━━━━━ TASK INPUTS ━━━━━
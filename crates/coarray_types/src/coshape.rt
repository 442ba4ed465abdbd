//! The cobounds of coarrays, and the images that cosubscripts name.

ghost use Rattle.std.specs.Prelude.{◌≡◌, ◌≤◌, ◌<◌, ◌+◌, ◌-◌, ◌∷◌, ℕ, length, take, drop, replicate, IfSome, IsNone, pos};
ghost use Rattle.coarray_types.specs.Coplaces.{HasCobounds, AllWithinCobounds, image_order, Names};

use crate::digits::{above, apart, coextent, joined};
use caf_base::short::Short;

/// The cobounds of a coarray: of each codimension the lower cobound, and of each but the last the coextent. The
/// coextents are its coshape, as extents are a shape (ISO/IEC 1539-1:2018, 5.4.6, and COSHAPE in 16.9); the last one
/// has no limit (8.5.6.3). The calls here want one codimension or more, cobounds of kind 4 and no coextent below 1
/// (`HasCobounds`). Up to 3 codimensions lie in place; the 3 is this project's, the standard has up to 15.
#[derive(Drop, Debug)]
pub struct CoShape {
    pub lower: Short<i64, 3>,
    pub extent: Short<i64, 2>,
}

/// The index of the image that cosubscripts name among n images, or 0 exactly where they name none of them
/// (ISO/IEC 1539-1:2018, 9.6, and IMAGE_INDEX in 16.9).
pub fn image_of(co: &CoShape, subs: &[i64], n: u32) -> u32
    requires cobounds { HasCobounds co.now.lower co.now.extent }
    requires corank { length subs.now ≡ length co.now.lower }
    ensures image { 0 < result → Names co.now.lower co.now.extent subs.now result × (result ≤ n) }
    ensures none { result ≡ 0 → (i : ℕ) → Names co.now.lower co.now.extent subs.now i → n < i }
{
    match place_below(co.lower.as_slice(), co.extent.as_slice(), subs, n) {
        Some(place) => place + 1,
        None => 0,
    }
}

/// The cosubscripts that name an image, and 0 past the corank (ISO/IEC 1539-1:2018, THIS_IMAGE in 16.9).
pub fn cosubscripts_of(co: &CoShape, index: u32) -> [i64; 3]
    requires cobounds { HasCobounds co.now.lower co.now.extent }
    requires corank { length co.now.lower ≤ 3 }
    requires index { 1 ≤ index }
    ensures named { Names co.now.lower co.now.extent (take (length co.now.lower) result) index }
    ensures past { drop (length co.now.lower) result ≡ replicate (3 - length co.now.lower) (pos 0) }
{
    let mut subs = [0; 3];
    put_cosubscripts(
        co.lower.as_slice(),
        co.extent.as_slice(),
        index - 1,
        &mut subs,
    );
    subs
}

// The place from 0 that cosubscripts name, where it is below n.
fn place_below(lowers: &[i64], extents: &[i64], subs: &[i64], n: u32) -> Option<u32>
    requires cobounds { HasCobounds lowers.now extents.now }
    requires corank { length subs.now ≡ length lowers.now }
    ensures some { IfSome result (λ p. AllWithinCobounds lowers.now extents.now subs.now × (p ≡ image_order lowers.now extents.now subs.now) × (p < n)) }
    ensures none { IsNone result → AllWithinCobounds lowers.now extents.now subs.now → n ≤ image_order lowers.now extents.now subs.now }
{
    let ([lower, lowers @ ..], [sub, subs @ ..]) = (lowers, subs) else {
        return None;
    };
    if sub < lower {
        return None;
    }
    let digit = apart(lower, sub);
    let [extent, extents @ ..] = extents else {
        return below(digit, n);
    };
    let extent = coextent(lower, extent);
    if digit >= extent {
        return None;
    }
    let rest = place_below(lowers, extents, subs, n)?;
    below(joined(digit, extent, rest), n)
}

// A place, where it is below n.
fn below(place: u64, n: u32) -> Option<u32>
    ensures some { IfSome result (λ p. (p ≡ place) × (p < n)) }
    ensures none { IsNone result → n ≤ place }
{
    if place < u64::from(n) {
        Some(place as u32)
    } else {
        None
    }
}

// Puts the cosubscripts of a place at the front.
fn put_cosubscripts(lowers: &[i64], extents: &[i64], place: u32, subs: &mut [i64])
    requires cobounds { HasCobounds lowers.now extents.now }
    requires corank { length lowers.now ≤ length subs.old }
    ensures within { AllWithinCobounds lowers.now extents.now (take (length lowers.now) subs.new) }
    ensures place { image_order lowers.now extents.now (take (length lowers.now) subs.new) ≡ place }
    ensures past { drop (length lowers.now) subs.new ≡ drop (length lowers.now) subs.old }
{
    let [lower, lowers @ ..] = lowers else {
        return;
    };
    let [extent, extents @ ..] = extents else {
        subs[0] = above(lower, place);
        return;
    };
    let extent = coextent(lower, extent);
    let place = u64::from(place);
    subs[0] = above(lower, (place % extent) as u32);
    put_cosubscripts(lowers, extents, (place / extent) as u32, &mut subs[1..]);
}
━━━━━
▶ _YOUR ASSIGNMENT_
Find every line in the records that contains the word "result"; copy those lines.

▶ _SOLUTION FOR THIS PROBLEM_
    ensures image { 0 < result → Names co.now.lower co.now.extent subs.now result × (result ≤ n) }
    ensures none { result ≡ 0 → (i : ℕ) → Names co.now.lower co.now.extent subs.now i → n < i }
    ensures named { Names co.now.lower co.now.extent (take (length co.now.lower) result) index }
    ensures past { drop (length co.now.lower) result ≡ replicate (3 - length co.now.lower) (pos 0) }
    ensures some { IfSome result (λ p. AllWithinCobounds lowers.now extents.now subs.now × (p ≡ image_order lowers.now extents.now subs.now) × (p < n)) }
    ensures none { IsNone result → AllWithinCobounds lowers.now extents.now subs.now → n ≤ image_order lowers.now extents.now subs.now }
    ensures some { IfSome result (λ p. (p ≡ place) × (p < n)) }
    ensures none { IsNone result → n ≤ place }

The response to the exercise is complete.